PROBLEM TO SOLVE: Tell me how many lines in the data below hold the string "makes", and say nothing else.

INFORMATION:
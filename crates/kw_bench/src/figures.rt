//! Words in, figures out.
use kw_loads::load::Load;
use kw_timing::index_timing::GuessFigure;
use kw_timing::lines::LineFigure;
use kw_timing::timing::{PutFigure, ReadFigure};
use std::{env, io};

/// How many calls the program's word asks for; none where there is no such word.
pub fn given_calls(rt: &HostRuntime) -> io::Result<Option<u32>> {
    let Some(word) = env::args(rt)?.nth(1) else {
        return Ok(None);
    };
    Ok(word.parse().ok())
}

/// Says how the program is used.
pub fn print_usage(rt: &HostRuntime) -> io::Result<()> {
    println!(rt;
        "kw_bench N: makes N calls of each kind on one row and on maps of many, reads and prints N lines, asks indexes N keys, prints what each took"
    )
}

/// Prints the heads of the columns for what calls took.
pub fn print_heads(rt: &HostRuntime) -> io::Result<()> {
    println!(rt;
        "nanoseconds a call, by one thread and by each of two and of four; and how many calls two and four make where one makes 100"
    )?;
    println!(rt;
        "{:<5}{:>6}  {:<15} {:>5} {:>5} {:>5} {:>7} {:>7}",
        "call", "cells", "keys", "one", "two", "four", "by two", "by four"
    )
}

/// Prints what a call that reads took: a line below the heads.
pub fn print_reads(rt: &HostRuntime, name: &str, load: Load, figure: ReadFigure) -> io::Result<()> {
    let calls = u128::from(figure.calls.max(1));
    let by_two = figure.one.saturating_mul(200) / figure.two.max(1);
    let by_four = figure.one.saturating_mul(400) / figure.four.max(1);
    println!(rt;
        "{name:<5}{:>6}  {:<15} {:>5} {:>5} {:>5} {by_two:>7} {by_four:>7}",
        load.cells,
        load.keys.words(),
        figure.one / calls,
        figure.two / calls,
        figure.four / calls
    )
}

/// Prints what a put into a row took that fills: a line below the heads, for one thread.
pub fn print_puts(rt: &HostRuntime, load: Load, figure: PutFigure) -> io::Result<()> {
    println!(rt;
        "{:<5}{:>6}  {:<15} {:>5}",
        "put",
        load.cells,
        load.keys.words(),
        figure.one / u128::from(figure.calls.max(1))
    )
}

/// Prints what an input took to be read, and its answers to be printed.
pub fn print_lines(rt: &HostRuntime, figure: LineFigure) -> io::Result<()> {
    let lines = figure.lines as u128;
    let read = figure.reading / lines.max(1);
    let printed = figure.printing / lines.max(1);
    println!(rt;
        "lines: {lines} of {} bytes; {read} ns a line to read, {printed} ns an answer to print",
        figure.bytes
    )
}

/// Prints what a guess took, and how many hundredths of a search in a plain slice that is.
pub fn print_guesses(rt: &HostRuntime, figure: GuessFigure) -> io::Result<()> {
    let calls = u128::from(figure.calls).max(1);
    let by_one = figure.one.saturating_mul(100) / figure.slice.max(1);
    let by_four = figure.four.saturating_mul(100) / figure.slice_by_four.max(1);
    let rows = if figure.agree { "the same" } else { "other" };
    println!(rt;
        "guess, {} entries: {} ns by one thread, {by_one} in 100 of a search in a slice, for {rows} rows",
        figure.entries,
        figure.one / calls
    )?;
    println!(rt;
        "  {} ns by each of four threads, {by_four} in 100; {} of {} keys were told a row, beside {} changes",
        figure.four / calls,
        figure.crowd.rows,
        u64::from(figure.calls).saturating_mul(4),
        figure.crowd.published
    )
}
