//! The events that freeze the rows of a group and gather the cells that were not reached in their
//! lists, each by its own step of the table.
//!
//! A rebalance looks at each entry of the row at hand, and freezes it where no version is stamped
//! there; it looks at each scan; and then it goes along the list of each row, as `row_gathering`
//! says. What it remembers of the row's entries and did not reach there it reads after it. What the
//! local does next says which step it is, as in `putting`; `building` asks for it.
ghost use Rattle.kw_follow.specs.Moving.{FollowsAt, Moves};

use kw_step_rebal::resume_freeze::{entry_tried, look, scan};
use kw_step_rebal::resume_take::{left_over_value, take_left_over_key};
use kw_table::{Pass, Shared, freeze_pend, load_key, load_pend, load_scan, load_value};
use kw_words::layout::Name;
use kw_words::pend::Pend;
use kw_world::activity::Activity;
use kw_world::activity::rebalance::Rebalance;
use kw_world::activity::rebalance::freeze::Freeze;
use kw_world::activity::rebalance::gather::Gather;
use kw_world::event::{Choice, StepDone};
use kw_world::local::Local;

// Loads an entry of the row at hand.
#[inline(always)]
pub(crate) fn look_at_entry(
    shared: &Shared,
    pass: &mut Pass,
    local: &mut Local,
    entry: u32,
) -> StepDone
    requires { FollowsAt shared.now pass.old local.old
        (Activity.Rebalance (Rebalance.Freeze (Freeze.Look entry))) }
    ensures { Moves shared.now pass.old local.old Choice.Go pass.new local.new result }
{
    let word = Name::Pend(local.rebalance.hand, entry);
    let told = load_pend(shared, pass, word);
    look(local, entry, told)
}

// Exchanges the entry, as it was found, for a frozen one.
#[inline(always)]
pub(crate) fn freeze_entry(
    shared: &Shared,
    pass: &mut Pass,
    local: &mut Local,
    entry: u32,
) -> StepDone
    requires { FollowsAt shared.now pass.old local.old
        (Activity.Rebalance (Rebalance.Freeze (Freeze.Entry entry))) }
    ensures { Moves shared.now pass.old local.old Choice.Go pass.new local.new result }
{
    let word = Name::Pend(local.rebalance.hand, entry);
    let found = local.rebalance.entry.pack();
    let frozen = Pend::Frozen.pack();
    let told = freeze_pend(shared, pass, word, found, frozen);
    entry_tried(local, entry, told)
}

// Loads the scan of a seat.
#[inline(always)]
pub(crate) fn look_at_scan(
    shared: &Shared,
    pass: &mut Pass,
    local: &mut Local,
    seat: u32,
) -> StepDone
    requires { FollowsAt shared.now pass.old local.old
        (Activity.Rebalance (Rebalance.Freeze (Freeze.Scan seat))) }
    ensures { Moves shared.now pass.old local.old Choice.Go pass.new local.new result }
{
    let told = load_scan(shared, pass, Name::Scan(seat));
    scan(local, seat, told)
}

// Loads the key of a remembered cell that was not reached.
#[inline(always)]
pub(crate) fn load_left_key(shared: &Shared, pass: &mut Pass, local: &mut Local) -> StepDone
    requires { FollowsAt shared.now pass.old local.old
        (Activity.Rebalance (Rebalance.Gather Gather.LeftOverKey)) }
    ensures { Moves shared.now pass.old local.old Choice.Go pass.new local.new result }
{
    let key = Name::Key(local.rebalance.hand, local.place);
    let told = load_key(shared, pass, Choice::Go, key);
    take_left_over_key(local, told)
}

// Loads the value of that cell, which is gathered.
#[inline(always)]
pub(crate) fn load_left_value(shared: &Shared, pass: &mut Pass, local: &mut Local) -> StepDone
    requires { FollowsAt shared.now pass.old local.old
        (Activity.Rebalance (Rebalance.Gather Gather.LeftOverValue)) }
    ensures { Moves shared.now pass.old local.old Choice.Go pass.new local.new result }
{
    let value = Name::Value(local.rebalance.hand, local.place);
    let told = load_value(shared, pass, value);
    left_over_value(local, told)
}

SOLUTION TO THE PROBLEM: 2